Application and corpus

Overview

The class CLD (in selkie.cld.core) is the

an instance of SealApp that represents the CLD application. Its contents are represented by the CLDRequestHandler class, which overrides only two methods of RequestHandler:

open_file() - returns a Corpus

make_root() - returns a CorpusEditor

The cld_app is used as the application function in a CLDManager. It can be invoked as:

$ cld corpus.cld

Manually instantiating the corpus

The easiest way to get a Corpus instance is to use the CLDManager:

>>> from selkie.cld.toplevel import CLDManager
>>> mgr = CLDManager('/tmp/corpus.cld')
>>> corpus = mgr.corpus()
>>> corpus
<Corpus /tmp/corpus.cld>

Corpus and environment

OUT OF DATE

The Corpus class.

The Corpus class

A Corpus is a Structure with the following signature.

langs (LanguageList) — list of mono-lingual subcorpora

users (UserList) — a Collection with child type User

roms (Registry) — the central registry of romanizations

glab (GLabDirectory)

In addition, a corpus has a _meta member containing a PropList with general information, and, like all Files, an env member containing an Environment.

The Environment

The env member is inherited from File, but it gets set by the Corpus, inasmuch as the Corpus is the root of the disk hierarchy. See the section ‘Environment’ for general information on environments. Corpus specializes Database, which specializes EnvRoot.

When one reaches a Language when descending the hierarchy, a new copy of the Environment is created that is specific to that language. The new copy is used by the Language and its descendants.

An Environment instance has the following members:

corpus — A backlink to the Corpus.

username — The authorized username, for the purpose of permissions

language — Set to the language, if within the scope of a language

parent — The original Environment, if this one belongs to a language.
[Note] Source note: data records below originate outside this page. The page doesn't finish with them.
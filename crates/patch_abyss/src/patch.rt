//! Images in memory.

ghost use Rattle.std.specs.Prelude.{◌≡◌, ◌≢◌, ◌<◌, ◌≤◌, ◌+◌, ◌-◌, ◌*◌, ℕ, ◌↔◌, ◌⊎◌, IfErr, IfOk, IsTrue, false, length};
ghost use Rattle.plane_rect.specs.Rectangle.{InLimits, Includes, IsRectangle, InsideSigned, Within, end_row, is_empty, plane_index as index_of};
ghost use Rattle.plane_rect.specs.Tile.{tile_square};
ghost use Rattle.pixel_formats.specs.Format.{channels, depth, pixel_bytes};
ghost use Rattle.pixel_formats.specs.Row.{pixel_at, sample_at};
ghost use Rattle.model_images.specs.Image.{IsImage, at};
ghost use Rattle.model_images.specs.Paint.{blank, cut, painted, put_raw};
ghost use Rattle.model_images.specs.Raw.{raw, tile_bytes};
ghost use Rattle.model_images.specs.FromRaw.{byte_count, image_from_raw};
ghost use Rattle.patch_abyss.specs.declared.patch.PatchRefused.TheVariants.{NoMemory, WrongSize};
ghost use Rattle.patch_abyss.specs.Rows.{HasWholeRows};

use crate::rows::{LONG_ROW, Rows, copy_meet, cut_rows};
use alloc_basics::NoMemory;
use byteorder::{ByteOrder, LittleEndian};
use pixel_formats::Format;
use plane_rect::{Rect, TileAt, plane_index};
use std::alloc::{AllocError, Global};
use std::marker::Model;
use std::ops::Range;
use thiserror::Error;
use tile_cow::Tile;

/// How many pixels a tile has.
const TILE_PIXELS: u32 = 64 * 64;

/// An image in memory. Its rectangle is in limits.
///
/// A clause sees it as an image: its box, its format and its pixels, which are zero outside the
/// box.
#[derive(Drop)]
pub struct Patch {
    rect: Rect,
    format: Format,
    /// The raw bytes of the rectangle.
    bytes: Vec<u8>,
}

impl Model for Patch {
    ghost use Rattle.model_images.specs.FromRaw.{IsRaw, image_from_raw};
    ghost use Rattle.model_images.specs.Image.{Image};

    ghost Value = { Image };

    ghost view = { λ patch. image_from_raw patch.rect patch.format patch.bytes.items };

    ghost invariant = { λ patch. IsRaw patch.rect patch.format patch.bytes.items };
}

/// Why bytes make no patch.
#[derive(Clone, Copy, Debug, PartialEq, Eq, Error)]
pub enum PatchRefused {
    /// There are `found` bytes, and the rectangle has `wanted`.
    #[error("{found} bytes for a rectangle of {wanted}")]
    WrongSize { found: u64, wanted: u64 },
    /// Memory ran out.
    #[error("no memory was left")]
    NoMemory,
}

impl From<AllocError> for PatchRefused {
    ghost from_gives = { λ _ refused. refused ≡ NoMemory };

    fn from(_error: AllocError) -> PatchRefused {
        PatchRefused::NoMemory
    }
}

impl Patch {
    /// Returns the patch of zeros. Takes time in proportion to the pixels.
    ///
    /// # Errors
    ///
    /// `NoMemory` if memory runs out.
    pub fn zero(alloc: Global, rect: Rect, format: Format) -> Result<Patch, NoMemory>
        requires { InLimits rect }
        ensures { IfOk result (λ patch. patch ≡ blank rect format) }
    {
        let bytes = vec![in alloc; 0; byte_count(&rect, format)]?;
        Ok(Patch::from_vec(rect, format, bytes))
    }

    /// Returns the patch of a copy of these raw bytes: the pixels row by row, each row from the left.
    ///
    /// # Errors
    ///
    /// `WrongSize` exactly where they are too many or too few, and `NoMemory` if memory runs out.
    pub fn from_raw(
        alloc: Global,
        rect: Rect,
        format: Format,
        bytes: &[u8],
    ) -> Result<Patch, PatchRefused>
        requires { InLimits rect }
        ensures image { IfOk result (λ patch. patch ≡ image_from_raw rect format bytes.now) }
        ensures raw { IfOk result (λ patch. raw patch rect ≡ bytes.now) }
        ensures size { (result ≡ Err (WrongSize (length bytes.now) (byte_count rect format)))
            ↔ (length bytes.now ≢ byte_count rect format) }
        ensures causes { IfErr result (λ refused. (refused ≡ PatchRefused.NoMemory)
            ⊎ (refused ≡ WrongSize (length bytes.now) (byte_count rect format))) }
    {
        let wanted = byte_count(&rect, format);
        if bytes.len() != wanted {
            return Err(PatchRefused::WrongSize {
                found: bytes.len() as u64,
                wanted: wanted as u64,
            });
        }
        Ok(Patch {
            rect,
            format,
            bytes: Vec::from_slice(alloc, bytes)?,
        })
    }

    /// Returns the rectangle.
    pub fn rect(&self) -> Rect
        ensures value { result ≡ self.now.box }
        ensures rectangle { IsRectangle result }
        ensures limits { InLimits result }
        ensures whole { IsImage self.now }
    {
        self.rect
    }

    /// Returns the format.
    pub fn format(&self) -> Format
        ensures { result ≡ self.now.format }
    {
        self.format
    }

    /// Returns the sample of the position of x and y in a channel, and 0 at a position outside the
    /// rectangle.
    pub fn at(&self, x: i32, y: i32, c: u32) -> u32
        requires { c < channels self.now.format }
        ensures inside { InsideSigned x y self.now.box → result ≡ at self.now (index_of x) (index_of y) c }
        ensures outside { ¬ InsideSigned x y self.now.box → result ≡ 0 }
    {
        if !self.rect.has(x, y) {
            return 0;
        }
        let position = self.rect.offset(plane_index(x), plane_index(y));
        let index = position * self.format.channels() as usize + c as usize;
        sample_at(self.format, &self.bytes, index)
    }

    /// Returns the patch over another rectangle, zero where this one has no position. Takes time in
    /// proportion to the other rectangle's pixels.
    ///
    /// # Errors
    ///
    /// `NoMemory` if memory runs out.
    pub fn part(&self, alloc: Global, rect: Rect) -> Result<Patch, NoMemory>
        requires { InLimits rect }
        ensures { IfOk result (λ patch. patch ≡ cut self.now rect) }
    {
        let format = self.format;
        let pixel = format.pixel_bytes() as usize;
        if has_rows(&self.rect, &rect, rect.first_row()..rect.end_row()) {
            return self.band(alloc, rect);
        }
        if rect.w as usize * pixel >= LONG_ROW && self.rect.contains(&rect) {
            return self.cut(alloc, rect);
        }
        let mut bytes = vec![in alloc; 0; byte_count(&rect, format)]?;
        copy_meet(&mut bytes, &rect, &self.bytes, &self.rect, pixel);
        Ok(Patch::from_vec(rect, format, bytes))
    }

    /// Returns the patch over whole rows of the rectangle, whose bytes follow one another.
    fn band(&self, alloc: Global, rows: Rect) -> Result<Patch, NoMemory>
        requires limits { InLimits rows }
        requires rectangle { IsRectangle rows }
        requires rows { HasWholeRows self.now.box rows rows.first_row (end_row rows) }
        ensures { IfOk result (λ patch. patch ≡ cut self.now rows) }
    {
        let bytes = Vec::from_slice(alloc, self.rows(rows.first_row()..rows.end_row()))?;
        Ok(Patch::from_vec(rows, self.format, bytes))
    }

    /// Returns the patch over a part of the rectangle, whose memory is written once.
    fn cut(&self, alloc: Global, part: Rect) -> Result<Patch, NoMemory>
        requires limits { InLimits part }
        requires part { Includes self.now.box part }
        requires some { false ≡ is_empty part }
        ensures { IfOk result (λ patch. patch ≡ cut self.now part) }
    {
        let format = self.format;
        let pixel = format.pixel_bytes() as usize;
        let rows = Rows::of_part(&self.rect, &part, pixel);
        let (count, many) = (part.w as usize * pixel, part.h as usize);
        let bytes = cut_rows(alloc, &self.bytes, rows, count, many)?;
        Ok(Patch::from_vec(part, format, bytes))
    }

    /// Writes the samples of the other patch at the positions that are in both rectangles. Takes
    /// time in proportion to these positions.
    pub fn blit(&mut self, from: &Patch)
        requires { from.now.format ≡ self.old.format }
        ensures { self.new ≡ painted self.old from.now.box (at from.now) }
    {
        self.paint(&from.rect, &from.bytes);
    }

    /// Writes the samples of the raw bytes of a rectangle at the positions that are in both. Takes
    /// time in proportion to these positions.
    pub fn paint(&mut self, rect: &Rect, bytes: &[u8])
        requires { length bytes.now ≡ byte_count rect.now self.old.format }
        ensures { self.new ≡ put_raw self.old rect.now bytes.now }
    {
        let pixel = self.format.pixel_bytes() as usize;
        copy_meet(&mut self.bytes, &self.rect, bytes, rect, pixel);
    }

    /// Returns the 64 by 64 pixels of a tile, zero where the patch has no position.
    ///
    /// # Errors
    ///
    /// `NoMemory` if memory runs out.
    pub fn tile(&self, alloc: Global, at: TileAt) -> Result<Tile, NoMemory>
        ensures { IfOk result (λ tile. tile ≡ tile_bytes self.now at) }
    {
        let rect = at.rect();
        if rect.is_empty() {
            return Tile::zero(alloc, TILE_PIXELS * self.format.pixel_bytes());
        }
        if self.rect == rect {
            return Tile::of(alloc, self.raw_bytes());
        }
        let part = self.part(alloc, rect)?;
        Tile::from_vec(alloc, part.into_raw())
    }

    /// Writes the samples of a tile at the positions that are in the rectangle.
    pub fn put_tile(&mut self, at: TileAt, tile: &Tile)
        requires { length tile.now ≡ 4096 * pixel_bytes self.old.format }
        ensures { self.new ≡ put_raw self.old (tile_square at) tile.now }
    {
        let square = at.rect();
        if self.rect.meet(&square).is_empty() {
            return;
        }
        self.paint(&square, tile.bytes());
    }

    /// Returns the patch of as many raw bytes as the rectangle has, without a copy: the pixels row by
    /// row, each row from the left.
    pub fn from_vec(rect: Rect, format: Format, bytes: Vec<u8>) -> Patch
        requires limits { InLimits rect }
        requires count { length bytes.items ≡ byte_count rect format }
        ensures { result ≡ image_from_raw rect format bytes.items }
    {
        Patch {
            rect,
            format,
            bytes,
        }
    }

    /// Returns the raw bytes of rows of the rectangle that follow one another.
    pub(crate) fn rows(&self, rows: Range<u32>) -> &[u8]
        requires some { rows.start < rows.end }
        requires first_row { self.now.box.first_row ≤ rows.start }
        requires end_row { rows.end ≤ end_row self.now.box }
        ensures len { length result.now ≡ (rows.end - rows.start) * (self.now.box.width * pixel_bytes self.now.format) }
        ensures samples { (u v c : ℕ) → Within self.now.box.first_column self.now.box.width u → rows.start ≤ v → v < rows.end
            → c < channels self.now.format
            → pixel_at self.now.format result.now ((v - rows.start) * self.now.box.width + (u - self.now.box.first_column)) c ≡ at self.now u v c }
    {
        let pixel = self.format.pixel_bytes() as usize;
        let first = self.rect.part_row(&self.rect, rows.start);
        let last = self.rect.part_row(&self.rect, rows.end - 1);
        &self.bytes[first.start * pixel..last.end * pixel]
    }

    /// Returns the raw bytes, without a copy.
    pub fn into_raw(self) -> Vec<u8>
        ensures value { result.items ≡ raw self self.box }
        ensures count { length result.items ≡ byte_count self.box self.format }
    {
        self.bytes
    }

    /// Returns the raw bytes of the rectangle: its pixels row by row, each row from the left.
    pub fn raw_bytes(&self) -> &[u8]
        ensures value { result.now ≡ raw self.now self.now.box }
        ensures count { length result.now ≡ byte_count self.now.box self.now.format }
    {
        &self.bytes
    }
}

/// Returns whether a rectangle has just these columns, and these rows, of which there is one.
pub(crate) fn has_rows(rect: &Rect, columns: &Rect, rows: Range<u32>) -> bool
    ensures { IsTrue result → HasWholeRows rect.now columns.now rows.start rows.end }
{
    rect.first_column() == columns.first_column()
        && rect.w == columns.w
        && rows.start < rows.end
        && rect.first_row() <= rows.start
        && rows.end <= rect.end_row()
}

/// Returns how many raw bytes a rectangle has.
pub(crate) fn byte_count(rect: &Rect, format: Format) -> usize
    requires { InLimits rect.now }
    ensures value { result ≡ byte_count rect.now format }
    ensures rectangle { IsRectangle rect.now }
{
    rect.area() as usize * format.pixel_bytes() as usize
}

/// Returns a sample of raw bytes, by its index.
pub fn sample_at(format: Format, bytes: &[u8], index: usize) -> u32
    requires { depth format * (index + 1) ≤ length bytes.now }
    ensures { result ≡ sample_at (depth format) bytes.now index }
{
    let depth = format.depth() as usize;
    LittleEndian::read_uint(&bytes[depth * index..], depth) as u32
}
All Environments provide the following methods:

for_language(lang) — Create a copy associated with the given language.

require_rom(name) — Returns the named Romanization. Signals an error if not found.

find_rom(name) — Returns the named Romanization, or None if not found.

Language-specific Environments provide the following methods:

get_text(id) — Returns the text that has the given ID.

default_orthography() — Returns the default orthography for this language.

orthographies() — Returns the list of available orthographies for this language.

romanization() — Returns the default orthography as a Romanization.

deref_parid(parid) — Returns the paragraph with the given paragraph ID.

Example

An example of opening a corpus and accessing a couple of its members:

>>> from selkie.cld.corpus import Corpus
>>> corpus = Corpus('corpus.cld')
>>> corpus.media.filename()
'/Users/abney/git/cld/media'
>>> corpus.langs['oji']
<selkie.cld.language.Language object at 0x10ac41fd0>

User interface

Corpus UI

Metadata editor

Catalog of pages

The relevant modules all belong to selkie.cld.ui.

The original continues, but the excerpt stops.